Depois de eliminar os maus porta estandartes que têm prejudicado a imagem do partido, e de apresentar novas faces perante a América, o Partido Republicano irá necessitar de adequar a sua mensagem aos novos tempos. Penso que aqui concordo com o que tem dito o governador da Louisiana, que tem defendido que o GOP não precisa de moderar-se, precisa sobretudo de modernizar-se. E isto implicará necessariamente alguns ajustes ao que têm defendido no passado recente. O Partido Republicano precisa urgentemente de deixar de ser visto como o partido dos ricos. Neste actual debate sobre a redução do défice, o GOP tem aparecido aos olhos dos americanos na defesa incessante do não aumento de impostos para os ricos, enquanto os democratas têm enfatizado a manutenção dos cortes fiscais para a classe média. Isto resume bem os problemas do partido nesta matéria. Como defender baixos impostos para todos e não entrincheirar-se na posição de defesa dos ricos? Talvez passe por deixar expirar os Bush Tax Cuts para os que ganham acima dos 250 mil dólares, como Obama pretende, forçando o corte na despesa que sempre têm defendido. É preciso flexibilidade na defesa de posições, fazendo jus à máxima de Reagan, que numa negociação deve-se obter o máximo de dividendos, sabendo-se que nunca se consegue tudo. Mais, estando o GOP na oposição, será aceitável que tal suceda. 

 

Nas questões sociais, o GOP não precisa de moderar a sua oposição ao aborto. Nunca como agora houve tantos pro-life nos Estados Unidos, pelo menos nas últimas décadas. Mas isso não implica deixar que a defesa desta posição esteja a cargo de extremistas como Todd Akin ou Richard Mourdock. Se o GOP for inteligente nesta matéria, ganhará certamente apoio no eleitorado tradicionalmente moderado. Por outro lado, e numa questão da moda, o casamento homossexual, também não considero que deva haver uma mudança abrupta.
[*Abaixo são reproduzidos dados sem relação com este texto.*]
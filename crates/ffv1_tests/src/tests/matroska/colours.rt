//! What Video says of colours, as it is read and written.

use super::written_example::{EXAMPLE, FRAME, RECORD};
use ffv1_files::{FileReader, Scope};
use ffv1_matroska::{CodecId, MatroskaReader, MatroskaWriter, TrackEntry};
use ffv1_reads::{Colour, FileFault, FileHead};
use ffv1_wire::{FromRead, ToMemory};
use std::alloc::Global;
use std::test::Fail;

/// A header of EBML, that of a Segment of unknown size, and the ID of Tracks.
static OPENING: &[u8] = b"\x1A\x45\xDF\xA3\x8B\x42\x82\x88matroska\x18\x53\x80\x67\xFF\x16\x54\
    \xAE\x6B";

/// TrackType and CodecID of a TrackEntry, and the ID of Video.
static ENTRY: &[u8] = b"\x83\x81\x01\x86\x86V_FFV1\xE0";

/// A file without frames whose Video has this content, of at most 100 bytes.
fn file_with(alloc: Global, video: &[u8]) -> Result<Vec<u8>, FileFault> {
    let Ok(len) = u8::try_from(video.len()) else {
        return Err(FileFault::TooLarge);
    };
    if len > 100 {
        return Err(FileFault::TooLarge);
    }
    let mut file = Vec::from_slice(alloc, OPENING)?;
    file.extend_from_slice(&[143 + len, 0xAE, 141 + len])?;
    file.extend_from_slice(ENTRY)?;
    file.extend_from_slice(&[128 + len])?;
    file.extend_from_slice(video)?;
    Ok(file)
}

/// The colours of a file whose Video has this content.
fn colour_of(alloc: Global, video: &[u8]) -> Result<Colour, FileFault> {
    let file = file_with(alloc, video)?;
    let mut input = FromRead::new(file.as_slice());
    let reader = MatroskaReader::open(alloc, &mut input)?;
    Ok(reader.head().colour)
}

/// Colours by matrix, transfer, primaries, range and siting, across and down.
const fn colour(numbers: [u8; 6]) -> Colour {
    Colour {
        matrix: numbers[0],
        transfer: numbers[1],
        primaries: numbers[2],
        range: numbers[3],
        siting_across: numbers[4],
        siting_down: numbers[5],
    }
}

/// Contents of Video, and the colours that they say.
static READ: [(&[u8], [u8; 6]); 14] = [
    // as FFmpeg 5.1 writes it for yuv420p, full range, chroma on the left
    (
        b"\xB0\x81\x40\xBA\x81\x30\x9A\x81\x02\x55\xB0\x8C\x55\xB9\x81\x02\x55\xB7\x81\x01\x55\
            \xB8\x81\x02",
        [2, 2, 2, 2, 1, 2],
    ),
    // all six, of any number
    (
        b"\xB0\x81\x40\xBA\x81\x30\x55\xB0\x98\x55\xB1\x81\x09\x55\xBA\x81\x10\x55\xBB\x81\xFF\
            \x55\xB9\x81\x01\x55\xB7\x81\x02\x55\xB8\x81\x03",
        [9, 16, 255, 1, 2, 3],
    ),
    // no Colour, and one without fields
    (b"\xB0\x81\x40\xBA\x81\x30", [2, 2, 2, 0, 0, 0]),
    (b"\xB0\x81\x40\xBA\x81\x30\x55\xB0\x80", [2, 2, 2, 0, 0, 0]),
    // fields without bytes
    (
        b"\xB0\x81\x40\xBA\x81\x30\x55\xB0\x8C\x55\xB1\x80\x55\xB9\x80\x55\xB7\x80\x55\xBA\x80",
        [2, 2, 2, 0, 0, 0],
    ),
    // a field of nine bytes, and one of eight
    (
        b"\xB0\x81\x40\xBA\x81\x30\x55\xB0\x8C\x55\xB9\x89\0\0\0\0\0\0\0\0\x02",
        [2, 2, 2, 0, 0, 0],
    ),
    (
        b"\xB0\x81\x40\xBA\x81\x30\x55\xB0\x8B\x55\xB9\x88\0\0\0\0\0\0\0\x02",
        [2, 2, 2, 2, 0, 0],
    ),
    // 256, and 0
    (
        b"\xB0\x81\x40\xBA\x81\x30\x55\xB0\x85\x55\xB1\x82\x01\x00",
        [2, 2, 2, 0, 0, 0],
    ),
    (
        b"\xB0\x81\x40\xBA\x81\x30\x55\xB0\x84\x55\xB1\x81\x00",
        [0, 2, 2, 0, 0, 0],
    ),
    // the first field, and the first Colour
    (
        b"\xB0\x81\x40\xBA\x81\x30\x55\xB0\x88\x55\xB9\x81\x01\x55\xB9\x81\x02",
        [2, 2, 2, 1, 0, 0],
    ),
    (
        b"\xB0\x81\x40\xBA\x81\x30\x55\xB0\x80\x55\xB0\x84\x55\xB9\x81\x02",
        [2, 2, 2, 0, 0, 0],
    ),
    // a field that can't be read, after one that can
    (
        b"\xB0\x81\x40\xBA\x81\x30\x55\xB0\x88\x55\xB7\x81\x01\x55\xB9\x85\x02",
        [2, 2, 2, 0, 1, 0],
    ),
    // a Colour that is longer than Video, and one behind what can't be read
    (
        b"\xB0\x81\x40\xBA\x81\x30\x55\xB0\x85\x55\xB9\x81\x02",
        [2, 2, 2, 0, 0, 0],
    ),
    (
        b"\xB0\x81\x40\xBA\x81\x30\0\0\x55\xB0\x84\x55\xB9\x81\x02",
        [2, 2, 2, 0, 0, 0],
    ),
];

#[test]
fn are_read(rt: HostRuntime) {
    for &(video, numbers) in &READ {
        let found = colour_of(rt.alloc(), video);
        assert!(rt; found == Ok(colour(numbers)), "{numbers:?}");
    }
}

/// The colours of a file of either container.
fn colour_of_file(alloc: Global, file: &[u8]) -> Result<Colour, FileFault> {
    let mut input = FromRead::new(file);
    let reader = FileReader::open(alloc, Scope::Whole, &mut input)?;
    Ok(reader.head().colour)
}

#[test]
fn are_read_of_files(rt: HostRuntime) -> Result<(), Fail> {
    let (video, numbers) = READ[0];
    let file = file_with(rt.alloc(), video)?;
    let found = colour_of_file(rt.alloc(), file.as_slice());
    assert!(rt; found == Ok(colour(numbers)));
    Ok(())
}

/// The bytes of a file of one frame with these colours.
fn written(alloc: Global, colour: Colour) -> Result<ToMemory<Global>, FileFault> {
    let head = FileHead {
        width: 1,
        height: 1,
        rate: 0,
        scale: 0,
        colour,
        config_record: Vec::from_slice(alloc, &RECORD)?,
    };
    let details = TrackEntry {
        codec_id: CodecId::Native,
        structure: 0,
        sar_num: 0,
        sar_den: 0,
    };
    let mut out = ToMemory::new(alloc);
    let mut writer = MatroskaWriter::new(alloc, &head, details)?;
    writer.put(&mut out, FRAME)?;
    writer.finish(&mut out)?;
    Ok(out)
}

/// Whether the colours come back, and the bytes of the file.
fn come_back(alloc: Global, colour: Colour) -> Result<(bool, usize), FileFault> {
    let out = written(alloc, colour)?;
    let mut input = FromRead::new(out.bytes());
    let reader = MatroskaReader::open(alloc, &mut input)?;
    Ok((reader.head().colour == colour, out.bytes().len()))
}

/// Colours, and the bytes of their files.
static WRITTEN: [([u8; 6], usize); 8] = [
    ([2, 2, 2, 0, 0, 0], 399),
    ([0, 2, 2, 0, 0, 0], 406),
    ([2, 255, 2, 0, 0, 0], 406),
    ([2, 2, 1, 0, 0, 0], 406),
    ([2, 2, 2, 2, 0, 0], 406),
    ([2, 2, 2, 0, 1, 2], 410),
    ([9, 16, 9, 1, 1, 1], 426),
    ([255, 255, 255, 255, 255, 255], 426),
];

#[test]
fn are_written_and_read_back(rt: HostRuntime) {
    for &(numbers, length) in &WRITTEN {
        let found = come_back(rt.alloc(), colour(numbers));
        assert!(rt; found == Ok((true, length)), "{numbers:?}");
    }
}

/// Whether a file with these colours has these bytes from where its Video begins.
fn has_video(alloc: Global, colour: Colour, video: &[u8]) -> Result<bool, FileFault> {
    let out = written(alloc, colour)?;
    let bytes = out.bytes();
    Ok(bytes.len() > 255 && bytes[255..].starts_with(video))
}

#[test]
fn come_last_in_video(rt: HostRuntime) {
    let all = b"\xE0\xAA\xB0\x84\0\0\0\x01\xBA\x84\0\0\0\x01\x9A\x81\0\x55\xB0\x98\x55\xB1\x81\
        \x01\x55\xB7\x81\x05\x55\xB8\x81\x06\x55\xB9\x81\x04\x55\xBA\x81\x03\x55\xBB\x81\x07\x63\
        \xA2";
    let found = has_video(rt.alloc(), colour([1, 3, 7, 4, 5, 6]), all);
    assert!(rt; found == Ok(true));
    let found = has_video(rt.alloc(), Colour::UNSAID, &EXAMPLE[255..]);
    assert!(rt; found == Ok(true));
}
Não se devem mudar de convicções por motivos eleitorais, mas é preciso que o GOP deixe que o debate cresça também entre o partido, e que posições minoritárias não sejam tratadas como aberrantes. A Big Tent que Reagan sempre defendeu também deve incluir estes temas. Em relação à imigração, deve ser dado espaço a vozes como John McCain, Marco Rubio, Jeb Bush ou Susana Martinez, que defendem uma abordagem compreensiva ao tema. Há 12 milhões de ilegais a residir nos Estados Unidos e o GOP deverá ser tolerante para aceitar uma reforma da imigração que permita que os imigrantes que trabalhem e que contribuem para o desenvolvimento do país, alcancem um estatuto de legalidade. Na década de 80 Reagan fez o mesmo. 

 

Por fim, o GOP precisa de ter um discurso virado para as novas gerações. A questão da liberdade na Internet, que tem vindo a ser debatida nos Estados Unidos, pode ser uma grande bandeira para os republicanos, já que o Partido Democrata é está sob influência dos círculos liberais de Hollywood e da indústria de conteúdos. Este ano já vimos os republicanos no congresso a assumir esta bandeira, mas será necessário fazer mais. Reagan foi o último republicano a vencer no voto jovem, com a sua mensagem optimista e crente no futuro do país. O fiscal conservativism é cada vez mais popular entre os jovens, e terá que ser por aqui que os republicanos terão de atacar. 

 

A modernização que Bobby Jindal defendeu também passará por modernizar as técnicas eleitorais do partido. Como vimos nestas eleições, o famoso ground game de Obama permitiu-lhe vencer as eleições, pois no terreno a máquina democrata, assente sobretudo nos contactos pessoais e nas novas tecnologias, foi extremamente eficaz. O GOP tem alguns profissionais das novas tecnologias brilhantes, mas necessita de lhes dar voz e liberdade, que foi o que Obama e os democratas fizeram nestes dois últimos ciclos eleitorais. Basta ler os relatos sobre esta última campanha de Obama e de Romney para verificar isso. 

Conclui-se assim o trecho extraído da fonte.